Please note that, under the CCPA, we are not required to comply with your request to delete your personal information if it is necessary for Nationwide to maintain your personal information in order to:
(1) Complete the transaction for which the personal information was collected, provide a good or service requested by you, or reasonably anticipated within the context of our ongoing business relationship with you, or otherwise perform a contract between Nationwide and you;
(2) Detect security incidents, protect against malicious, deceptive, fraudulent, or illegal activity; or prosecute those responsible for that activity;
(3) Debug to identify and repair errors that impair existing intended functionality;
(4) Exercise free speech, ensure the right of another consumer to exercise his or her right of free speech, or exercise another right provided for by law;
(5) Comply with the California Electronic Communications Privacy Act;
(6) Engage in public or peer-reviewed scientific, historical, or statistical research in the public interest that adheres to all other applicable ethics and privacy laws, when the businesses’ deletion of the information is likely to render impossible or seriously impair the achievement of such research, if you have provided informed consent;
(7) Enable solely internal uses that are reasonably aligned with a consumer’s expectations based on their relationship with Nationwide;
(8) Comply with a legal obligation; or
(9) Otherwise use your personal information, internally, in a lawful manner that is compatible with the context in which you provided the information.
For what purposes do you use the information provided in my request?
We use the information you provide us during the access or deletion requests to process your request.
How long do you retain my information about my request?
How long do you retain my information?
We retain your information in accordance with our legal obligations and records retention policies.

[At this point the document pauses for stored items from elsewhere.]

// Readings made of bytes, and the copying of bytes.
ghost use Rattle.std.specs.Prelude.{◌≡◌, ◌≤◌, length, replicate};
ghost use Rattle.refusal.specs.Number.{number_of};
ghost use Rattle.refusal.specs.Told.{gives, refuses};
ghost use Rattle.memory.specs.Answers.{Answered, PutAsked};
ghost use Rattle.memory.specs.Elements.{overwritten};

use crate::{Answer, Reading};
use refusal::Refusal;

// The given bytes, which are `n`, into a part of memory that is as long. Where `n` is a constant, no loop is left.
pub fn store_all(part: &mut [u8], given: &[u8], n: usize)
    requires { (length part.old ≡ length given.now) × (n ≡ length given.now) }
    ensures { part.new ≡ given.now }
{
    let mut i = 0;
    while i < n {
        part[i] = given[i];
        i += 1;
    }
}

// Given bytes into a part of memory that is as long.
pub fn store(part: &mut [u8], given: &[u8])
    requires { length part.old ≡ length given.now }
    ensures { part.new ≡ given.now }
{
    let n = given.len();
    match n {
        1 => store_all(part, given, 1),
        2 => store_all(part, given, 2),
        4 => store_all(part, given, 4),
        8 => store_all(part, given, 8),
        16 => store_all(part, given, 16),
        _ => store_all(part, given, n),
    }
}

pub fn refused(why: Refusal) -> Reading
    ensures { Answered (refuses (number_of why)) result }
{
    Reading {
        answer: Answer::Refused(why),
        bytes: [0; 16],
    }
}

// Bytes of a reading with a part of memory, of `n` bytes, put in place `at`.
pub fn put(bytes: [u8; 16], at: usize, part: &[u8], n: usize) -> [u8; 16]
    requires { PutAsked bytes at part.now × (n ≡ length part.now) }
    ensures { result ≡ overwritten at part.now bytes }
{
    let mut room = bytes;
    store_all(&mut room[at..at + n], part, n);
    room
}

// The bytes of a reading of one element: each size is a constant in its arm.
fn first(element: &[u8]) -> [u8; 16]
    requires { length element.now ≤ 16 }
    ensures { result ≡ overwritten 0 element.now (replicate 16 0) }
{
    let n = element.len();
    match n {
        1 => put([0; 16], 0, element, 1),
        2 => put([0; 16], 0, element, 2),
        4 => put([0; 16], 0, element, 4),
        8 => put([0; 16], 0, element, 8),
        16 => put([0; 16], 0, element, 16),
        _ => put([0; 16], 0, element, n),
    }
}

// A reading of one element.
pub fn one(element: &[u8]) -> Reading
    requires { length element.now ≤ 16 }
    ensures { Answered (gives element.now) result }
{
    let bytes = first(element);
    Reading {
        answer: Answer::Bytes(element.len()),
        bytes,
    }
}
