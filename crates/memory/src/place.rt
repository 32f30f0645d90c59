// Where an element begins in lent memory.
ghost use Rattle.std.specs.Prelude.{◌≡◌};
ghost use Rattle.memory.specs.Elements.{start_of, find_of, told_place};

use address::Translated;
use layout::{ByteAddress, Layout};
use refusal::Refusal;

// The most bytes that lent memory has, and how many bytes have an address, 2^32.
const MOST_BYTES: usize = 65536;

const ADDRESSED: u64 = 0x1_0000_0000;

#[derive(Drop)]
pub enum Place {
    // Counted from memory's first byte.
    At(usize),
    Refused(Refusal),
}

// Where the element at an address begins, or 11: memory is over 65,536 bytes, ends above 2^32, or doesn't hold the whole
// element. Sums are taken at 64 bits, where they can't wrap.
pub fn start(address: ByteAddress, size: u32, first: ByteAddress, length: usize) -> Place
    ensures { told_place result ≡ start_of address.0 size first.0 length }
{
    let at = address.0;
    let low = first.0;
    if MOST_BYTES < length {
        return Place::Refused(Refusal::WrongLength);
    }
    let end = low as u64 + length as u64;
    if ADDRESSED < end {
        return Place::Refused(Refusal::WrongLength);
    }
    if at < low {
        return Place::Refused(Refusal::WrongLength);
    }
    if end < at as u64 + size as u64 {
        return Place::Refused(Refusal::WrongLength);
    }
    Place::At((at - low) as usize)
}

// Where a pair's element begins, or 3, 6, 10 or 11.
pub fn find(layout: Layout, x: u32, y: u32, first: ByteAddress, length: usize) -> Place
    ensures { told_place result ≡ find_of layout x y first.0 length }
{
    match address::translate(layout, x, y) {
        Translated::Refused(why) => Place::Refused(why),
        Translated::At { address, run: _ } => start(address, layout.size, first, length),
    }
}
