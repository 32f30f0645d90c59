// Whether arrays that were kept elsewhere, on disk say, hold a session that the entries take: a yes is just what the entries require,
// for arrays of a session's lengths, whatever numbers they have. Nothing is written.
#![tactic(auto)]

pub mod party;
pub mod readiness;
pub mod settings;
pub mod tests;

ghost use Rattle.state.specs.Asked.{Given};
ghost use Rattle.state.specs.Cells.{Sized};
ghost use Rattle.judges.specs.Judged.{Judges};

// Whether the arrays hold a session: the party's own numbers, the settings, and what is kept of readiness, worked out anew.
pub fn is_session(
    own: &[u32; state::OWN_CELLS],
    tallies: &[u64; state::TALLIES],
    shared: &[u32; state::SHARED_CELLS],
) -> bool
    requires { Sized own.now tallies.now shared.now }
    ensures { Judges result (Given own.now tallies.now shared.now) }
{
    if party::is_kept(own, tallies) {
        settings::are_kept(shared) & readiness::is_kept(own, shared)
    } else {
        false
    }
}
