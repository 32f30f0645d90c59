// Tests that the judges are made of.
ghost use Rattle.std.specs.Prelude.{◌≡◌};
ghost use Rattle.laws.specs.Choice.{◌and◌};
ghost use Rattle.state.specs.Lawful.{lawful};

// Two tests, by a call: a chain of them is one equation.
pub fn both(a: bool, b: bool) -> bool
    ensures { result ≡ (a and b) }
{
    a & b
}

// A flag and what it tells of: 0 and all of it is 0, or 1 and it passed its rules.
pub fn is_lawful(flag: u32, zeros: bool, passed: bool) -> bool
    ensures { result ≡ lawful flag zeros passed }
{
    if flag == 0 {
        zeros
    } else {
        (flag == 1) & passed
    }
}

For example, we may have a legal obligation to retain information relating to your agreements with us or claims relating to your products or services. We delete your data once the legal obligation expires or after the period of time specified in our records retention policies.

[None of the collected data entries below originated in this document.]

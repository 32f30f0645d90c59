// The shared settings: what isn't set is all zeros, and what is set passed the rules of the command that set it.
ghost use Rattle.std.specs.Prelude.{◌≡◌, ◌+◌, ◌*◌, ◌<◌, ◌≤◌};
ghost use Rattle.laws.specs.Below.{every};
ghost use Rattle.state.specs.Cells.{buffer_at, shared_of};
ghost use Rattle.state.specs.Effects.{buffer};
ghost use Rattle.state.specs.Lawful.{lawful_buffer, lawful_row, lawful_word, window};
ghost use Rattle.judges.specs.Judged.{common_by, masks_by, settings_by};

use crate::tests::is_lawful;
use command::kinds;
use command::kinds::Kind;
use rules::last;
use state::settings;

// The output mask is below this.
const MASKS: u32 = 65536;

// The outputs and the inputs that there are.
const OUTPUTS: usize = 4;

const INPUTS: usize = 16;

// Whether a buffer's words are allowed, its format word by a kind, and its window is accepted.
fn is_window(kind: Kind, base: u32, format: u32, height: u32) -> bool
    ensures { result ≡ window kind (buffer base format height) }
{
    let first = kinds::is_allowed(Kind::Base, base);
    let second = kinds::is_allowed(kind, format);
    let third = kinds::is_allowed(Kind::Height, height);
    let accepted = last::is_window(base, format, height);
    first & (second & (third & accepted))
}

// Whether a buffer isn't set and is all zeros, or is set and its window is accepted.
fn is_buffer(kind: Kind, flag: u32, base: u32, format: u32, height: u32) -> bool
    ensures { result ≡ lawful_buffer kind (record { is_set = flag; base = base; format = format; height = height }) }
{
    let zeros = (base == 0) & ((format == 0) & (height == 0));
    is_lawful(flag, zeros, is_window(kind, base, format, height))
}

// The same of a buffer of height 1: instructions and constants.
pub fn is_row(flag: u32, base: u32, format: u32, height: u32) -> bool
    ensures { result ≡ lawful_row (record { is_set = flag; base = base; format = format; height = height }) }
{
    is_buffer(Kind::Format, flag, base, format, height) & (height <= 1)
}

fn is_row_at(shared: &[u32; state::SHARED_CELLS], at: usize) -> bool
    requires { at < 98 }
    ensures { result ≡ lawful_row (buffer_at shared.now at) }
{
    is_row(shared[at], shared[at + 1], shared[at + 2], shared[at + 3])
}

fn is_buffer_at(kind: Kind, shared: &[u32; state::SHARED_CELLS], at: usize) -> bool
    requires { at < 98 }
    ensures { result ≡ lawful_buffer kind (buffer_at shared.now at) }
{
    is_buffer(
        kind,
        shared[at],
        shared[at + 1],
        shared[at + 2],
        shared[at + 3],
    )
}

// Whether so many buffers from a place on are such, their format words by a kind.
fn are_buffers(kind: Kind, shared: &[u32; state::SHARED_CELLS], from: usize, number: usize) -> bool
    requires { from + 4 * number ≤ 101 }
    ensures { result ≡ every number (λ n. lawful_buffer kind (buffer_at shared.now (from + 4 * n))) }
{
    let mut good = true;
    for k in 0..number {
        good = good & is_buffer_at(kind, shared, from + 4 * k);
    }
    good
}

// Whether a word that has a flag isn't set and is 0, or is set and its kind allows it.
fn is_word(kind: Kind, flag: u32, word: u32) -> bool
    ensures { result ≡ lawful_word kind flag word }
{
    is_lawful(flag, word == 0, kinds::is_allowed(kind, word))
}

// Whether the masks and the test are such.
fn are_masks(shared: &[u32; state::SHARED_CELLS]) -> bool
    ensures { result ≡ masks_by (shared_of shared.now) }
{
    let conditional = is_word(
        Kind::ConditionalMaskBit,
        shared[settings::CONDITIONAL_MASK_SET],
        shared[settings::CONDITIONAL_MASK],
    );
    let test = is_word(
        Kind::TestBits,
        shared[settings::TEST_SET],
        shared[settings::TEST],
    );
    (shared[settings::MASK] < MASKS) & (conditional & test)
}

// Whether the constants' formats and the conditional output are such.
fn are_common(shared: &[u32; state::SHARED_CELLS]) -> bool
    ensures { result ≡ common_by (shared_of shared.now) }
{
    let floats = is_row_at(shared, settings::FLOATS);
    let integers = is_row_at(shared, settings::INTEGERS);
    let booleans = is_row_at(shared, settings::BOOLEANS);
    let conditional = is_buffer_at(Kind::Format, shared, settings::CONDITIONAL);
    floats & (integers & (booleans & conditional))
}

// Whether the settings are such as a stream can have set.
pub fn are_kept(shared: &[u32; state::SHARED_CELLS]) -> bool
    ensures { result ≡ settings_by (shared_of shared.now) }
{
    let masks = are_masks(shared);
    let common = are_common(shared);
    let outputs = are_buffers(Kind::Format, shared, settings::OUTPUTS, OUTPUTS);
    let inputs = are_buffers(Kind::InputFormat, shared, settings::INPUTS, INPUTS);
    masks & (common & (outputs & inputs))
}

How long do I have access to my request?
For your security, your request will be available for you to access for one week after which it will be deleted. If you would like to access your personal information again, please make another request.
Why was my request denied?
We may have rejected your request for several reasons. Because it is important for us to verify your identity for security purposes, we need to ensure that you are who you claim to be. If signatures or seals in your verifiable request were missing or invalid, we may reject your request. If your notarized form had items removed or not matching to your request, we may reject your request. If you already have an open request, we may reject your request. If you did not confirm your email, we may reject your request. We may have rejected your request because we were unable to determine that you are a California resident.
How many requests may I make in one year?
You may make two requests to access your personal information in a 12-month period under the CCPA. You may make more than two requests; however, we are not required under the CCPA to respond to them.